Materi pembelajaran PAUD amat variatif. Ada pendapat yang menyatakan bahwa PAUD hanya mengembangkan logika berpikir, berperilaku, dan berkreasi. Adapula yang menyatakan bahwa PAUD juga mempersiapkan anak untuk siap belajar (ready to learn); yaitu siap belajar berhitung, membaca, menulis. Ada pula yang menyatakan bahwa materi pembelajaran bebas, yang penting PAUD mengembangkan aspek moral-agama, emosional, sosial, fisik-motorik, kemampuan berbahasa, seni, dan intelektual. PAUD membimbing anak yang premoral agar berkembang ke arah moral realism dan moral relativism. Pembelajaran membimbing anak dari yang bersifat egosentris-individual, ke arah prososial, dan sosial-komunal. Pembelajaran juga melatih anak menganal jati dirinya (self identity), menghargai dirinya (self esteem), dan kemampuan akan dirinya (self efficacy). Banyak pertanyaan dari guru dan orangtua tentang bolehkan mengajarkan anak berhitung, membaca, dan menulis. Bukannya tidak boleh mengajarkan semua itu, tetapi yang penting ialah anak sudah siap dan guru menggunakan cara-cara yang sesuai untuk belajar anak.

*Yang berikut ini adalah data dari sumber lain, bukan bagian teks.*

//! The values and types of the basis, looked up by their names.
ghost use Rattle.std.specs.Prelude.{◌≡◌};
ghost use Rattle.core_terms.specs.BasisTexts as meant;
ghost use Rattle.type_makers.specs.Lookup.{first_named};

use crate::by_name::{type_text, value_text};
use core_terms::{BasisName, TypeName};

/// The values of the basis.
pub const VALUES: [BasisName; 44] = [
    BasisName::Return,
    BasisName::Bind,
    BasisName::Error,
    BasisName::Not,
    BasisName::Strcat,
    BasisName::Plus,
    BasisName::Minus,
    BasisName::Times,
    BasisName::Divide,
    BasisName::Mod,
    BasisName::Neg,
    BasisName::Eq,
    BasisName::Ne,
    BasisName::Lt,
    BasisName::Le,
    BasisName::Show,
    BasisName::MkShow,
    BasisName::MkEq,
    BasisName::Txt,
    BasisName::Cdata,
    BasisName::Join,
    BasisName::Bless,
    BasisName::Query,
    BasisName::QueryX,
    BasisName::OneRow,
    BasisName::OneOrNoRows,
    BasisName::Dml,
    BasisName::Nextval,
    BasisName::GetCookie,
    BasisName::SetCookie,
    BasisName::ClearCookie,
    BasisName::NumInt,
    BasisName::ShowInt,
    BasisName::ShowString,
    BasisName::ShowBool,
    BasisName::EqInt,
    BasisName::EqString,
    BasisName::EqBool,
    BasisName::OrdInt,
    BasisName::OrdString,
    BasisName::OrdBool,
    BasisName::SqlInt,
    BasisName::SqlString,
    BasisName::SqlBool,
];

/// The types of the basis.
pub const TYPES: [TypeName; 24] = [
    TypeName::Int,
    TypeName::String,
    TypeName::Url,
    TypeName::Unit,
    TypeName::Bool,
    TypeName::Option,
    TypeName::List,
    TypeName::Transaction,
    TypeName::Xml,
    TypeName::Page,
    TypeName::Xbody,
    TypeName::Xtable,
    TypeName::Xtr,
    TypeName::Show,
    TypeName::Eq,
    TypeName::Ord,
    TypeName::Num,
    TypeName::SqlTable,
    TypeName::SqlQuery,
    TypeName::SqlExp,
    TypeName::Dml,
    TypeName::SqlSequence,
    TypeName::HttpCookie,
    TypeName::SqlInjectable,
];

/// The first of some values that has this name.
pub fn value_among(mut values: &[BasisName], text: &str) -> Option<BasisName>
    ensures { result ≡ first_named meant.value_text values.entry.now text.now }
{
    while let [value, rest @ ..] = values {
        if value_text(*value) == text {
            return Some(*value);
        }
        values = rest;
    }
    None
}

/// The first of some types that has this name.
pub fn type_among(mut types: &[TypeName], text: &str) -> Option<TypeName>
    ensures { result ≡ first_named meant.type_text types.entry.now text.now }
{
    while let [name, rest @ ..] = types {
        if type_text(*name) == text {
            return Some(*name);
        }
        types = rest;
    }
    None
}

Prof. Dr. Soegeng Santoso juga mengemukakan bahwa kurikulum Calistung mulai diterapkan pada pendidikan tingkat Sekolah Dasar (SD), seperti matematika untuk berhitung dan untuk tingkatan PAUD hanya pengenalan angka dan huruf saja. Contohnya, untuk pengenalan angka di tingkat PAUD, maksimal yang diajarkan adalah mengenal angka 1 sampai 20. Hal itu disesuaikan dengan pemahaman anak usia dini yang harus belajar dengan bentuk yang konkret. 20 angka itu berarti mengenal angka sesuai dengan jumalah jari kaki dan jari tangan anak (http://www.radar-bekasi.com).
Berlakunya Calistung di tingkat SD, telah ditetapkan dalam keputusan pusat. Pengembangan PAUD yang memperkenalkan angka dan huruf, karena disesuaikan dengan masyarakat Indonesia yang heterogen. Tingkat pendidikan di daerah perkotaan dan pedesaan berbeda, baik dari segi fasilitas serta kurikulumnya.

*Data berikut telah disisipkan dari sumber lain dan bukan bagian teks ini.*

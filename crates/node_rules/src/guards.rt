//! Functions of guards' proofs.
ghost use Rattle.std.specs.Prelude.{◌≡◌, IfOk, option_map};
ghost use Rattle.con_terms.specs.Trees.{guarded as guarded_in};
ghost use Rattle.con_terms.specs.View.{con_tree, kind_tree};
ghost use Rattle.core_terms.specs.View.{maybe_con};
ghost use Rattle.core_typing.specs.Judged.{guard_forms};
ghost use Rattle.judgements.specs.View.{judged_tree};
ghost use Rattle.kind_rules.specs.Rules.{expects_row, guard_rows};
ghost use Rattle.kind_rules.specs.View.{found, scope_view, sides_tree, two_trees};
ghost use Rattle.node_rules.specs.Functions as computed;

use con_terms::{Con, Kind};
use judgements::{Here, Judged, copied};
use kind_rules::{Differing, Flaw, Sides, Two, both, judge, normal_sides};
use std::alloc::{AllocError, Global};
use type_makers::guarded;

/// A kind, where it is one of rows.
fn row_kind(alloc: Global, k: Kind) -> Result<Result<Kind, Flaw>, AllocError>
    ensures { IfOk result (λ r. found kind_tree r ≡ expects_row (kind_tree k)) }
{
    match k {
        Kind::Row(inner) => Ok(Ok(Kind::Row(inner))),
        k => {
            let wanted = Kind::Row(Box::new(alloc, Kind::Types)?);
            let differing = Differing { wanted, found: k };
            Ok(Err(Flaw::Differ(Box::new(alloc, differing)?)))
        }
    }
}

/// Two kinds, where both are of rows.
fn row_kinds(alloc: Global, sides: Result<Two, Flaw>) -> Result<Result<Two, Flaw>, AllocError>
    ensures { IfOk result (λ r. found two_trees r ≡ guard_rows (found two_trees sides)) }
{
    match sides {
        Err(flaw) => Ok(Err(flaw)),
        Ok(Two { first, second }) => {
            let first = row_kind(alloc, first)?;
            let second = row_kind(alloc, second)?;
            Ok(both(first, second))
        }
    }
}

/// The normal forms of a guard's two sides, which should be rows, or the first flaw.
pub fn guard_sides(
    alloc: Global,
    s: &Here,
    c: &Con,
    d: &Con,
) -> Result<Result<Sides, Flaw>, AllocError>
    ensures { IfOk result
        (λ r. found sides_tree r ≡ guard_forms (scope_view s.now.kinds.value) (con_tree c.now) (con_tree d.now)) }
{
    let left = judge(alloc, &s.kinds, c)?;
    let right = judge(alloc, &s.kinds, d)?;
    match row_kinds(alloc, both(left, right))? {
        Err(flaw) => Ok(Err(flaw)),
        Ok(kinds) => normal_sides(alloc, c, &kinds.first, d, &kinds.second),
    }
}

/// The type of a function of a guard's proof, where its body has one.
fn guarded_of(alloc: Global, c: &Con, d: &Con, u: Option<Con>) -> Result<Option<Con>, AllocError>
    ensures { IfOk result
        (λ o. maybe_con o ≡ option_map (guarded_in (con_tree c.now) (con_tree d.now)) (maybe_con u)) }
{
    match u {
        None => Ok(None),
        Some(u) => {
            let left = copied(alloc, c)?;
            let right = copied(alloc, d)?;
            Ok(Some(guarded(alloc, left, right, u)?))
        }
    }
}

/// `fn [c ~ d] => e`, from what is found for its body.
pub fn of_assuming(alloc: Global, c: &Con, d: &Con, body: Judged) -> Result<Judged, AllocError>
    ensures { IfOk result
        (λ r. judged_tree r ≡ computed.of_assuming (con_tree c.now) (con_tree d.now) (judged_tree body)) }
{
    let Judged { ty, told } = body;
    Ok(Judged {
        ty: guarded_of(alloc, c, d, ty)?,
        told,
    })
}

Yani Widianto (2012) mengemukakan bahwa para peneliti otak diseluruh dunia juga sepakat bahwa PFC seorang anak belum siap untuk dijejalkan hal-hal yg kognitif. Akibat dari pemaksaan terhadap hal-hal yang bersifat kognitif adalah membuat anak tidak mampu menunjukkan emosi yg tepat, kendali emosi (intra personalnya terganggu), dan anak sulit menunjukkan empati.
REFERENSI:
Kajian Kebijakan Kurikulum Pendidikan Anak usia Dini. Departemen Pendidikan Nasional, Badan Penelitian Dan Pengembangan Pusat Kurikulum, 2007.
Surat Edaran Pemerintah Nomor: 1839/C.C2/TU/2009 Perihal Penyelenggaraan Pendidikan Taman Kanak-Kanak dan Penerimaan Siswa Baru Sekolah Dasar.